Viktor Gunnarsson: Binaural Modeling for High-Fidelity Spatial Audio
- Date: 13 September 2024, 13:15
- Location: Polhemsalen, Ångströmlaboratoriet, Lägerhyddsvägen 1, Uppsala
- Type: Thesis defence
- Thesis author: Viktor Gunnarsson
- External reviewer: Jens Ahrens
- Supervisors: Mikael Sternad, Lars-Johan Brännmark, Anders Ahlén
- Research subject: Electrical Engineering with specialization in Signal Processing
- DiVA
Abstract
The enjoyment of reproduced sound and music is a prime pleasure for many, and the high-fidelity reproduction of binaural audio is integral to many applications in augmented and virtual reality. This thesis introduces a framework for binaural headphone auralization of sound systems, together with an in-depth analysis and proposed solutions to address sources of coloration within the signal chain.
The framework includes a novel method for binaural auralization of microphone array impulse responses. Employing a hybrid parametric approach, it utilizes causal multichannel Wiener filtering to synthesize the directional response of the ear, as described by head-related transfer functions (HRTFs), using the microphone array and a model of its acoustic properties. A time-domain polynomial matrix framework is employed for filter computations and direct and reflected sound is treated separately. Results demonstrate a small perceptual difference to reference measured binaural room impulse responses.
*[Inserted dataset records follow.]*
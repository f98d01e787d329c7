// The pairs of a node, to which the events of a record come.
ghost use Rattle.std.specs.Prelude.{◌≡◌, ℕ, ◌<◌, List, All, length, IfOk, OnOk};
ghost use Rattle.circus_collate.specs.Deployment.{IsDeployment};
ghost use Rattle.circus_collate.specs.declared.deployment.Deployment.{Deployment as Deployed};
ghost use Rattle.circus_wire.specs.Wire.{Remains, IsOther};
ghost use Rattle.circus_wire.specs.WireActs.{WireAct, WireActs, begun};
ghost use Rattle.circus_member_rules.specs.declared.occurrence.Purpose.{Purpose as MadeFor};
ghost use Rattle.circus_world_theory.specs.Histories.{beginning_of};
ghost use Rattle.circus_world_theory.specs.NodeActs.{with_all, came_by};
ghost use Rattle.circus_headline_theory.specs.Peers.{GoesToPeer};
ghost use Rattle.circus_headline_theory.specs.Trace.{gives_for_all};
ghost use Rattle.circus_verdict.specs.Seen.Living.{ComesSo};
ghost use Rattle.circus_verdict.specs.Seen.Station as stations;
ghost use Rattle.circus_verdict.specs.Seen.Station.{IsFormatted, AreOf, StandFor, MayComeTo, IsOwed, IsHanded};

use bytes::Bytes;
use circus_collate::Deployment;
use circus_member_rules::{Effects, Purpose};
use circus_node::{Event, Gives, StepFault, add_all_gives, add_gives, hand_all};
use circus_value::{ListOf, NoMemory, Nodes};
use circus_wire::{Heard, Wire};
use std::alloc::Global;

/// The pairs of a node with the other ones, in a format.
#[derive(Drop)]
pub(crate) struct Pairs {
    alloc: Global,
    pub format: u8,
    pub wire: Wire<Purpose>,
}

/// What comes of an event before anything is made of it: what is sent at once, whom a tick suspects, and what is heard of
/// a datagram. Of another event nothing is heard, as of a datagram that completes no message.
#[derive(Drop)]
pub(crate) struct Came {
    pub gives: Gives,
    pub suspects: Nodes,
    pub heard: Heard<Purpose>,
}

impl Pairs {
    /// Those of a node of a program before anything has happened.
    pub fn new(alloc: Global, deployment: &Deployment, node: u16) -> Result<Self, NoMemory>
        requires deployment { IsDeployment deployment.now }
        requires node { node < length deployment.now.nodes }
        ensures format { IfOk result IsFormatted }
        ensures own { IfOk result (AreOf deployment.now node) }
        ensures stand { IfOk result (StandFor deployment.now node begun) }
    {
        let format = deployment.format;
        let wire = Wire::new(alloc, node, deployment.nodes.len(), format)?;
        Ok(Pairs {
            alloc,
            format,
            wire,
        })
    }

    /// An event comes. After `NoMemory` it may have come to some pairs.
    pub fn take(&mut self, event: &Event) -> Result<Came, NoMemory>
        requires { MayComeTo self.old.wire event.now }
        ensures came { (d : Deployed) (node : ℕ) (acts : WireActs MadeFor)
            → StandFor d node acts self.old → ComesSo d node event.now
            → IfOk result (IsOwed d node acts event.now) }
        ensures stand { (d : Deployed) (node : ℕ) (acts : WireActs MadeFor)
            → StandFor d node acts self.old → ComesSo d node event.now
            → OnOk result (StandFor d node (with_all acts (came_by event.now)) self.new) }
        ensures format { IsFormatted self.old → IsFormatted self.new }
        ensures remains { Remains self.old.wire self.new.wire }
    {
        self.bring(event)
    }

    // By what the pairs know.
    fn bring(&mut self, event: &Event) -> Result<Came, NoMemory>
        requires { MayComeTo self.old.wire event.now }
        ensures came { IfOk result (λ came. came ≡ stations.came_to self.old.wire event.now) }
        ensures wire { OnOk result (self.new.wire ≡ stations.wire_behind self.old.wire event.now) }
        ensures format { self.new.format ≡ self.old.format }
        ensures remains { Remains self.old.wire self.new.wire }
    {
        match event {
            Event::Datagram(from, bytes) => self.hear(*from, bytes),
            Event::Tick => self.tick(),
            Event::Down(node) => {
                self.wire.stop(*node);
                Ok(self.nothing())
            }
            Event::Join => Ok(self.nothing()),
        }
    }

    fn nothing(&self) -> Came
        ensures { result ≡ stations.nothing_came }
    {
        Came {
            gives: Gives::new(self.alloc),
            suspects: ListOf::new(self.alloc),
            heard: Heard::Taken,
        }
    }

    fn hear(&mut self, from: u16, bytes: &Bytes) -> Result<Came, NoMemory>
        requires { IsOther self.old.wire from }
        ensures came { IfOk result (λ came.
            came ≡ stations.datagram_came self.old.wire from bytes.now) }
        ensures wire { OnOk result
            (self.new.wire ≡ stations.behind_datagram self.old.wire from bytes.now) }
        ensures format { self.new.format ≡ self.old.format }
        ensures remains { Remains self.old.wire self.new.wire }
    {
        let delivery = self.wire.deliver(from, bytes.as_slice())?;
        let mut gives = Gives::new(self.alloc);
        add_gives(delivery.sent, &mut gives)?;
        Ok(Came {
            gives,
            suspects: ListOf::new(self.alloc),
            heard: delivery.heard,
        })
    }

    fn tick(&mut self) -> Result<Came, NoMemory>
        ensures came { IfOk result (λ came. came ≡ stations.tick_came self.old.wire) }
        ensures wire { OnOk result (self.new.wire ≡ stations.behind_tick self.old.wire) }
        ensures format { self.new.format ≡ self.old.format }
        ensures remains { Remains self.old.wire self.new.wire }
    {
        let (batches, suspects) = self.wire.tick()?;
        let mut gives = Gives::new(self.alloc);
        add_all_gives(batches, &mut gives)?;
        Ok(Came {
            gives,
            suspects,
            heard: Heard::Taken,
        })
    }

    /// What is made behind what came is handed over in its order, and what is sent is added. `Spent` exactly where a call
    /// of it has no number. After a fault some of it may have been handed over.
    pub fn hand(&mut self, made: Effects, gives: &mut Gives) -> Result<(), StepFault>
        requires { IsFormatted self.old }
        ensures handed { (d : Deployed) (node : ℕ) (acts : WireActs MadeFor)
            (came : List (WireAct MadeFor)) → StandFor d node (with_all acts came) self.old
            → gives.old ≡ gives_for_all (beginning_of d node) acts came
            → All (GoesToPeer (beginning_of d node)) made
            → IsHanded d node acts came made result self.new gives.new }
        ensures format { IsFormatted self.new }
        ensures remains { Remains self.old.wire self.new.wire }
    {
        hand_all(self.format, &mut self.wire, made, gives)
    }
}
Additionally, the thesis addresses the impact of binaural measurement uncertainty and proposes a new measurement technique for HRTFs and headphone transfer functions (HpTFs). The method is based on a cardioid microphone array for open ear canal measurements. Results indicate that the method significantly reduces measurement uncertainty compared to omnidirectional measurements in the ear canal.
Moreover, a phase pre-processing method for HRTFs is introduced that reduces spatial phase variability of the HRTF set at high frequencies while retaining correct interaural coherence for diffuse sound. It is demonstrated that the HRTF phase pre-processing greatly reduces spectral coloration in headphone simulation of amplitude panning on virtual speakers. The method also improves performance in binaural rendering of microphone array recordings.
Finally, the thesis presents a comprehensive model for addressing coloration at the ear-signal level inherent in amplitude panning on speaker arrays. The analysis focuses on pairwise panning on symmetrical speaker setups and monaural correction filters are proposed that are robust to head movements around the sweet spot. The proposed filters are found to mitigate the phantom source elevation effect in stereophonic panning and enhance the perceived spectral similarity between discrete and panned sound sources, with effectiveness contingent on the speaker setup geometry.